Growing up in church, I know this can be a cause of contention between families. Kids don’t always understand nuance and shades of gray.

So, for instance, if we’ve told my daughter Grace that a certain show is not good and then she finds out her friends watch it, she’s liable to look at them differently and even point out their “sin.” If we’re not careful, we’ll raise her to be a little Pharisee and the self-appointed guardian of other families’ choices.

So here is what we have done in our family. We not only enforce our values, but we also make sure we teach our kids the importance of demonstrating forbearance and mercy. So, for instance, when Grace comes home with an attitude of, “So and so watches that show. They are bad. Are they even Christians?” (this conversation has really happened quite a few times), we jump in and say, “No, Grace, this family feels it’s OK to watch it. We respect their choices.
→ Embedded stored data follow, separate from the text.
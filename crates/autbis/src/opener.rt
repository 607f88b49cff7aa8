//! An opener is an object that opens files by their names. This module defines a trait for openers, and an opener for
//! the files of the file system.
ghost use Rattle.std.specs.Prelude.{◌≡◌, ◌≤◌, ◌+◌, ◌-◌, ℕ, List, [], ◌∷◌, None, Some, Option, IfSome, IfOk};
ghost use Rattle.std.specs.Prelude.{MatchResult};
ghost use Rattle.autbis.specs.Files.{Name, Opens};

use autfmt::{Broken, FromRead, Source};
use std::fs;
use std::marker::Model;
use std::rt::Files;

/// An opener is an object that opens files by their names, and closes them. Each file is read from its beginning. Once
/// the opener has failed to open a file, it must not be asked to open another file.
pub trait Opener {
    /// The type of an open file.
    type File: Source + Drop;

    // The names of all files that the opener has been asked to open. The value is `None` if the contract of the opener
    // does not state these names.
    ghost opened: { Self → Option (List Name) };

    // The value is 1 if the opener could not open a file, and otherwise 0.
    ghost failures: { Self → ℕ };

    // The value is 1 if a read from a file had failed before the file was closed, and otherwise 0.
    ghost lost: { Self → ℕ };

    // The number of files that the opener has opened and not closed. The value is always 0 if the opener does not count
    // these files.
    ghost unclosed: { Self → ℕ };

    // The contents of the file that has the given name. The value is `None` if the contract of the opener does not
    // state the contents.
    ghost holds: { Self → Name → Option (List ℕ) };

    /// Opens the file with the name `name`.
    ///
    /// # Errors
    ///
    /// `Broken` if the file cannot be opened. After this error, the value `failures` of the opener is 1.
    fn open(&mut self, name: &str) -> Result<Self::File, Broken>
        requires sound { failures self.old ≡ 0 }
        ensures unread { IfOk result (λ file. Self.File.failures file ≡ 0) }
        ensures bytes { IfSome (holds self.old name.now) (λ text.
            IfOk result (λ file. Self.File.rest file ≡ Some text)) }
        ensures opened { Opens (opened self.old) (opened self.new) (name.now ∷ []) }
        ensures failures { MatchResult result (λ _. failures self.new ≡ failures self.old)
            (λ _. failures self.new ≡ 1) }
        ensures unclosed { MatchResult result (λ _. unclosed self.new ≤ unclosed self.old + 1)
            (λ _. unclosed self.new ≤ unclosed self.old) }
        ensures others { (lost self.new ≡ lost self.old) × (holds self.new ≡ holds self.old) };

    /// Closes the file `file`. If a read from the file has failed, the value `lost` of the opener becomes 1.
    fn close(&mut self, file: Self::File)
        ensures sound { Self.File.failures file ≡ 0 → lost self.new ≡ lost self.old }
        ensures lost { Self.File.failures file ≡ 1 → lost self.new ≡ 1 }
        ensures unclosed { unclosed self.new ≡ unclosed self.old - 1 }
        ensures others { (opened self.new ≡ opened self.old)
            × (failures self.new ≡ failures self.old)
            × (holds self.new ≡ holds self.old) };
}

/// An opener for the files of the file system. The contracts of this opener state neither which files were opened nor
/// the contents of these files. However, the contracts state whether a file could not be opened, and whether a read
/// from a file failed.
#[derive(Drop)]
pub struct Disk<'a, R> {
    files: &'a R,
    failed: bool,
    lost: bool,
}

impl<'a, R> Model for Disk<'a, R> {
    ghost use Rattle.std.specs.Prelude.{ℕ, if◌then◌else◌};

    ghost Value = { ℕ × ℕ };

    ghost view = { λ disk. (if disk.failed then 1 else 0, if disk.lost then 1 else 0) };
}

impl<'a, R: Files> Disk<'a, R> {
    /// Creates an opener that uses `files` to open files. The new opener has not failed to open a file, and no read
    /// from a file has failed.
    pub fn new(files: &'a R) -> Disk<'a, R>
        ensures { result ≡ (0, 0) }
    {
        Disk {
            files,
            failed: false,
            lost: false,
        }
    }
}

impl<'a, R: Files> Opener for Disk<'a, R> {
    type File = FromRead<R::File>;

    ghost opened = { λ _. None };

    ghost failures = { λ disk. disk.0 };

    ghost lost = { λ disk. disk.1 };

    ghost unclosed = { λ _. 0 };

    ghost holds = { λ _ _. None };

    fn open(&mut self, name: &str) -> Result<FromRead<R::File>, Broken> {
        match fs::open(self.files, name) {
            Ok(file) => Ok(FromRead::new(file)),
            Err(_) => {
                self.failed = true;
                Err(Broken)
            }
        }
    }

    fn close(&mut self, file: FromRead<R::File>) {
        if file.failures() > 0 {
            self.lost = true;
        }
    }
}
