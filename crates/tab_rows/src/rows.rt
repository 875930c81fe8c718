ghost use Rattle.std.specs.Prelude.{◌≡◌, ◌≤◌, ◌+◌, [], ◌∷◌, ◌++◌, IfOk, IfSome, OnOk, OnErr, MatchOption, length};
ghost use Rattle.std.specs.List.{list_any};
ghost use Rattle.tab_model.specs.declared.data.Kind.TheVariants as Kind;
ghost use Rattle.tab_term.specs.Same.{same};
ghost use Rattle.tab_map.specs.Entries.{insert_entry};
ghost use Rattle.tab_term.specs.Order.{term_cmp};
ghost use Rattle.tab_term.specs.View.{term, terms};
ghost use Rattle.tab_model.specs.Names.{plain_terms, terms_list};
ghost use Rattle.tab_model.specs.Tables.{apply, at, key as key_of_row, keys as keys_of_rows, put as put_in, delete as delete_in, delete_object as delete_object_in};
ghost use Rattle.tab_model.specs.OnlyRecords.{IsOnly, record_in};
ghost use Rattle.tab_rows.specs.Joined.{joined, IsInOrder, IsKeyed};
ghost use Rattle.tab_rows.specs.Restored.{restored, records_of, HasRecordsOf};
ghost use Rattle.tab_rows.specs.Former.{put_back};

use crate::append::Append;
use crate::entries::entry_of;
use crate::former::Former;
use crate::update::{Form, Update};
use std::alloc::{AllocError, Global};
use std::marker::Model;
use tab_lists::{SharedTerms, Snapshot};
use tab_map::{Entry, Iter, Map};
use tab_model::{Change, Kind, OnlyRecord, copy_of_key};
use tab_records::Records;
use tab_term::{Term, Terms};

/// The records of one table.
pub struct Rows {
    kind: Kind,
    records: Map<Term, Records>,
    // Of all keys together.
    size: usize,
}

impl Model for Rows {
    ghost use Rattle.std.specs.Prelude.{List};
    ghost use Rattle.std.specs.Coded.{codes};
    ghost use Rattle.tab_term.specs.Code.{term_code};
    ghost use Rattle.tab_term.specs.Data.{PlainTerm};
    ghost use Rattle.tab_model.specs.declared.data.Kind.{Kind};
    ghost use Rattle.tab_rows.specs.Joined.{joined, IsKept};

    ghost Value = { Kind × List PlainTerm };

    ghost coded = { Prim.hlevel (codes, term_code) };

    ghost view = { λ a. (a.kind, joined a.records) };

    ghost invariant = { λ a. IsKept a.records a.size };
}

// A derived Drop would be expanded, field by field, at each exit of each caller.
impl Drop for Rows {
    fn drop(self) {
        let Rows {
            kind: _,
            records,
            size: _,
        } = self;
        drop(records);
    }
}
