// Frames worked out by hand: their words are those of the definitions.
#![tactic(auto)]

ghost use Rattle.worked.specs.Frames.{WorkedFrames};
ghost use Rattle.std.specs.Prelude.{◌≡◌};

// How many worked frames there are.
pub fn worked_frames() -> u32
    ensures count { result ≡ 10 }
    ensures frames { WorkedFrames }
{
    10
}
They are good people, etc. It’s sinful to judge people this way.”

We also try to have conversations about first being concerned about sin in our own hearts before we look for it in others. We also talk about certain choices that are not as clear in Scripture about which every family has to make choices.

It’s a difficult tension, because we want her to have the courage to resist peer pressure and make wise choices and yet we don’t want to raise her as a do-gooder Pharisee willing to rat out those who don’t follow her legalistic list. We also have to be careful to distinguish between the gospel that saves and the wisdom of wise choices. We never want our kids to think that not watching Spongebob, for instance, equals the gospel. (If you think Spongebob is wholesome, I won’t judge you, I promise!)